The liberal mind will accept his expression as gospel truth. He’s right, of course, to fight for the little guy, the oppressed ones, the ones who have been disenfranchised by an evil system. That’s what is taught and it appears to be working.
Bruce Frohnen pursued this issue in his piece, “The Left’s Caricature of Conservatism,” published in “The Imaginative Conservative.” In it he examined some of the errors of Corey Robin’s book “The Reactionary Mind, Conservatism from Edmund Burke to Sarah Palin.” He notes that Robin’s purpose is clearly stated:
The very starting point of Mr. Robin’s book on conservatism, in his own mind, was “how elite power rules and defends itself in an age of popular democracy.” That is, the topic is so carefully defined that the practical answer always is the same—privileged “conservatives” are keeping down the lower orders by hook and by crook.
Mr. Robin’s course rests parallel to the path of Mr. Berlet. Both employ history to their own ends rather than for what it is. (It has become a novel if not fanciful notion that history should be treated as precisely as possible even when one’s worldview is challenged.) For instance the so-called “alt-right” rejects conservative principles, proposes blatantly leftist principles, yet is called “all right” by some . Perhaps the so-called “alt-left” partners in this movement will get the attention it deserves.
This is the echo chamber we must resist, but of which we must first become aware. We can paint with high praise the motivations of the founders and forget that many of them owned slaves. We can praise Edmund Burke’s opposition to slavery (yes, he was against it) but must note that his opposition took less of the form of the abolitionist and more the form of containment as was practiced in the U.S. (until it was ended by war).

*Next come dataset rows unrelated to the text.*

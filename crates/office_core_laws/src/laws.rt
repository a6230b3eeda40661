//! Laws of runs. Each is a call that does nothing; its contract is the law.

ghost use Rattle.std.specs.Prelude.{◌≡◌, ◌⊎◌, ◌+◌, ◌++◌, ◌<◌, ℕ, List, [], Contains};
ghost use Rattle.jiff_core.specs.declared.civil.date.Date.{Date};
ghost use Rattle.archive_plan.specs.declared.items.Item.{Item};
ghost use Rattle.archive_plan.specs.declared.sync.Due.{Due};
ghost use Rattle.archive_plan.specs.Items.{lacking};
ghost use Rattle.archive_plan.specs.Sync.{IsSync, IsUnstable};
ghost use Rattle.testing_rules_items.specs.Archs.{IsArchs};
ghost use Rattle.testing_rules_model.specs.declared.suite.RowIn.{RowIn};
ghost use Rattle.testing_rules_model.specs.Covered.{Covered};
ghost use Rattle.testing_rules_model.specs.Excuses.{testing_version};
ghost use Rattle.testing_rules_model.specs.SameMessages.{HasOneOfEach, SameElements};
ghost use Rattle.testing_rules_model.specs.Unstable.{unstable_rows};
ghost use Rattle.office_mail.specs.Kept.{Kept};
ghost use Rattle.office_mail.specs.Lists.{Lists};
ghost use Rattle.office_mail.specs.Runs.{runs};
ghost use Rattle.office_mail.specs.Setup.{IsSetup};
ghost use Rattle.office_store_keeper.specs.Provenance.{AreOwnTexts};
ghost use Rattle.office_core_orders.specs.Ready.{HasPlaces};
ghost use Rattle.office_core_facts.specs.Outcome.{covered_items, testing_after};
ghost use Rattle.office_core_facts.specs.Seen.{IsSeen, items_within, release};
ghost use Rattle.office_core_outcome.specs.Proposal.{IsShownStuck};
ghost use Rattle.office_core_why.specs.UnstableText.{unstable_text};
ghost use Rattle.office_core.specs.Unbroken.{AreUnbroken};
ghost use Rattle.office_core_laws.specs.Checked.{HasPackages, IsChecked, IsFromIndex, IsOrdered, Marks};
ghost use Rattle.office_core_laws.specs.FromUnstable.{AreAmong, IsFromUnstable, package_item, suite_items, told_items};
ghost use Rattle.office_core_laws.specs.Mailed.{IsToldBy, SaysDue, built_items, dropped_items};
ghost use Rattle.office_core_laws.specs.OrderTaken.{IsFrom1970, IsTaken};
ghost use Rattle.office_core_laws.specs.Printed.{items_text};
ghost use Rattle.office_core_laws.specs.StuckStays.{AreEasy, testing_standing, testing_with};

/// A run moves only what is there. What it brings into testing, sources and their packages, is in unstable as the run's
/// covered mail gives it, at that version.
pub fn moves_only_what_is_there()
    ensures unstable { (setup : Lists) (kept : Kept) (k : ℕ) → IsFromUnstable setup.archs (covered_items setup kept (k + 1)) (testing_after setup kept k) (testing_after setup kept (k + 1)) }
    // So it is in each index that has all that this mail says of unstable.
    ensures index { (setup : Lists) (kept : Kept) (k : ℕ) (index : List Item) → AreAmong (told_items setup.archs (covered_items setup kept (k + 1))) index
        → (x : Item) → Contains (suite_items (testing_after setup kept (k + 1))) x → Contains (suite_items (testing_after setup kept k)) x ⊎ Contains index x }
    // And a plan that brings a suite with the testing of before to the new one lacks nothing, if it copies from such an
    // index.
    ensures plan { (setup : Lists) (kept : Kept) (k : ℕ) (index testing suite : List Item) → AreAmong (told_items setup.archs (covered_items setup kept (k + 1))) index
        → AreAmong testing (suite_items (testing_after setup kept (k + 1))) → AreAmong (suite_items (testing_after setup kept k)) suite → lacking (lacking testing suite) index ≡ [] }
{}

/// What moves behind the check of office-feed is in the index. `office-sync` is told each package of unstable as the
/// run's covered mail gives it, once and above all that was dropped of it, at the version of the archive for which it
/// stands, by any reading of marks; and nothing is due to be dropped. Then the index has what each package stands for
/// that the run brings into testing, at that version, or a higher version of it that is still due to be told. No mail
/// drops a source, so of a source this says that such a package was built from its version.
pub fn checked_index_has_what_moves()
    ensures run { (setup : Lists) (kept : Kept) (k : ℕ) (marks : Marks) (told index dropped : List Item) (gone : ℕ) (due : Due) → IsSetup setup
        → HasPackages marks told (unstable_rows setup.archs (covered_items setup kept (k + 1))) → IsChecked told index dropped gone due
        → IsFromIndex marks index due (testing_after setup kept k) (testing_after setup kept (k + 1)) }
    // The check comes before the order. What it compares is what the office then prints as its unstable, over all mail
    // without a gap, and the run of the next order sees just that, if this order covers it.
    ensures next { (setup : Lists) (kept late : Kept) (k : ℕ) (seen : Covered) (marks : Marks) (told index dropped : List Item) (gone : ℕ) (due : Due) → IsSetup setup → IsSeen setup kept seen → IsOrdered setup kept late k
        → HasPackages marks told (unstable_rows setup.archs seen) → IsChecked told index dropped gone due → IsFromIndex marks index due (testing_after setup late k) (testing_after setup late (k + 1)) }
{}

/// Mail of what is due brings unstable to the index, before the office is asked again.
pub fn due_mail_brings_unstable_to_index()
    // A row of unstable is what `office-sync` calls unstable, by all that was told and dropped.
    ensures unstable { (archs : List (List ℕ)) (s : Covered) (r : RowIn) → Contains (unstable_rows archs s) r → IsUnstable (built_items s) (dropped_items s) (package_item r) }
    // Behind mail that says just what is due, each package of unstable is in the index, at its version.
    ensures index { (archs : List (List ℕ)) (s sent after : Covered) (told index dropped : List Item) (gone : ℕ) (due : Due) → IsArchs archs → HasOneOfEach after → SameElements after (s ++ sent)
        → IsToldBy archs s told dropped → IsSync told index dropped gone due → SaysDue sent due → (r : RowIn) → Contains (unstable_rows archs after) r → Contains index (package_item r) }
    // So a run that covers just that mail brings in only packages of the index.
    ensures moves { (setup : Lists) (kept : Kept) (k : ℕ) (s sent : Covered) (told index dropped : List Item) (gone : ℕ) (due : Due) → IsSetup setup → SameElements (covered_items setup kept (k + 1)) (s ++ sent)
        → IsToldBy setup.archs s told dropped → IsSync told index dropped gone due → SaysDue sent due
        → (r : RowIn) → Contains (testing_after setup kept (k + 1)).rows r → Contains (testing_after setup kept k).rows r ⊎ Contains index (package_item r) }
{}

/// The lines of unstable that an office prints have each package of it as an item of an archive, byte for byte.
pub fn printed_unstable_has_items()
    ensures { (archs : List (List ℕ)) (finished : ℕ) (s : Covered) → IsArchs archs → unstable_text archs finished s ≡ items_text archs finished s }
{}

/// The order that an office tells is taken: its text is read as that order, under the next number, and its run is ready
/// if all earlier ones are.
pub fn order_is_taken()
    ensures { (setup : Lists) (kept : Kept) (unbroken : ℕ → ℕ) (day : Date) → IsSetup setup → HasPlaces setup kept → AreUnbroken kept unbroken → IsFrom1970 day → unbroken (runs setup) < 999_999_999
        → IsTaken setup kept unbroken day }
{}

/// Stuck means stuck. If a text shows of a source that no group frees it, as each block of a proposal does, the source
/// keeps its version in that run, whatever `easy` hints are mailed on top.
pub fn stuck_stays()
    ensures { (setup : Lists) (kept : Kept) (k : ℕ) (date : Date) (covers : ℕ → ℕ) (source text : List ℕ) → IsSetup setup → AreOwnTexts setup kept
        → IsShownStuck setup.archs date (items_within setup kept covers) (testing_after setup kept k) source text → (hints : List (List ℕ)) → AreEasy setup (covers (release setup)) hints
        → testing_version (testing_with setup kept k date covers hints) source ≡ testing_version (testing_standing setup kept k date covers) source }
{}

Yet there are things that conservatism owns and liberals do not own, yet attempt to hijack. It was the historic anti-slavery conservative that shut down the KKK. Conservatives of the 1990s fought, though it was unsuccessful, to stop the financial policies that led to the housing crisis of 2008 and which contributed greatly to the “great recession.” Conservatives don’t want people to have their houses repossessed because some governing body told them that they could and should buy a house that they couldn’t afford.
Conservatives, generally speaking, want to limit the intrusiveness of government. That means shrinking its size so that it does not have the resources to intrude. Liberals have not, at least not generally, sought to change intrusive policies. Common Core and NSA spying come from the same parent. (Yet we do fault those inconsistent conservatives who do not oppose these matters and likewise recognize that many of a liberal mindset see the problems. We also challenge those like-minded liberals to help get the job done.)

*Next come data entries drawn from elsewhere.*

// What drives both slots, as it is lent.
ghost use Rattle.std.specs.Prelude.{◌≡◌};
ghost use Rattle.controls.specs.Controls.{control_lengths};
ghost use Rattle.controls.specs.Slices.{control_lists};

use limits::ControlLengths;

// Base, modulation and source of either slot: a number for each lane, and two rows for each host frame. An
// empty modulation or source is absent. Six fields and not two slots of three: C lends six, and the promises name six.
#[derive(Clone, Copy)]
pub struct ControlSlices<'a> {
    pub base0: &'a [f32],
    pub base1: &'a [f32],
    pub mod0: &'a [f32],
    pub mod1: &'a [f32],
    pub source0: &'a [f32],
    pub source1: &'a [f32],
}

impl ControlSlices<'_> {
    pub fn lengths(&self) -> ControlLengths
        ensures { result ≡ control_lengths (control_lists self.now) }
    {
        ControlLengths {
            base0: self.base0.len(),
            base1: self.base1.len(),
            mod0: self.mod0.len(),
            mod1: self.mod1.len(),
            source0: self.source0.len(),
            source1: self.source1.len(),
        }
    }
}
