// Where a render's amounts and sources come from: `Amounts` of mod.rs, over lent slices. An empty slice
// is an absent one.
#![tactic(auto)]

ghost use Rattle.std.specs.Prelude.{◌≡◌};
ghost use Rattle.controls.specs.Controls.{percent_of};

pub mod frame;
pub mod slices;

pub use frame::LaneFrame;
use lanes::clamp;
pub use slices::ControlSlices;

// A slot's amount in percent as 0 to 1.
#[tactic(auto, unfolding(crate::specs::Controls::percent_of), using(floats::specs::Steps::step))]
pub fn percent(amount: f32) -> f32
    ensures { result ≡ percent_of amount }
{
    clamp(amount, 0.0, 100.0) * 0.01
}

We want to state out of the church. We do not, generally, want a theocracy. Even so, a rationalist system cannot maintain anything but its own power, so we charge government with the need to listen to the moral voice, the social prophet. Evangelicals, Roman Catholics, and conservatives in general have the foundation for the ethic that liberalism proposes. Power must be restrained. See 1776 and 1788.
There are many more, of course.
The radical conservative of the old north wanted to punish the old south. That principle was rejected in favor of reconciliation. Clearly that world well. But it left the old southern Democrats with the capacity to build the KKK. President Grant would later dismantle that problem. Jim Crow laws would take effect as well, a problem which would have been either eliminated or reduced by the radical Republican proposal for full rights and liberties immediately. That’s historic conservatism and it has not changed.
There are things which belong to the individual and are not granted by government but are rather recognized by government. Whether one holds to a Thomistic natural law, some form of natural right, or a more Calvinistic understanding of free moral agency, in any case the source for rights and liberties is not government. For what government may grant government may take away.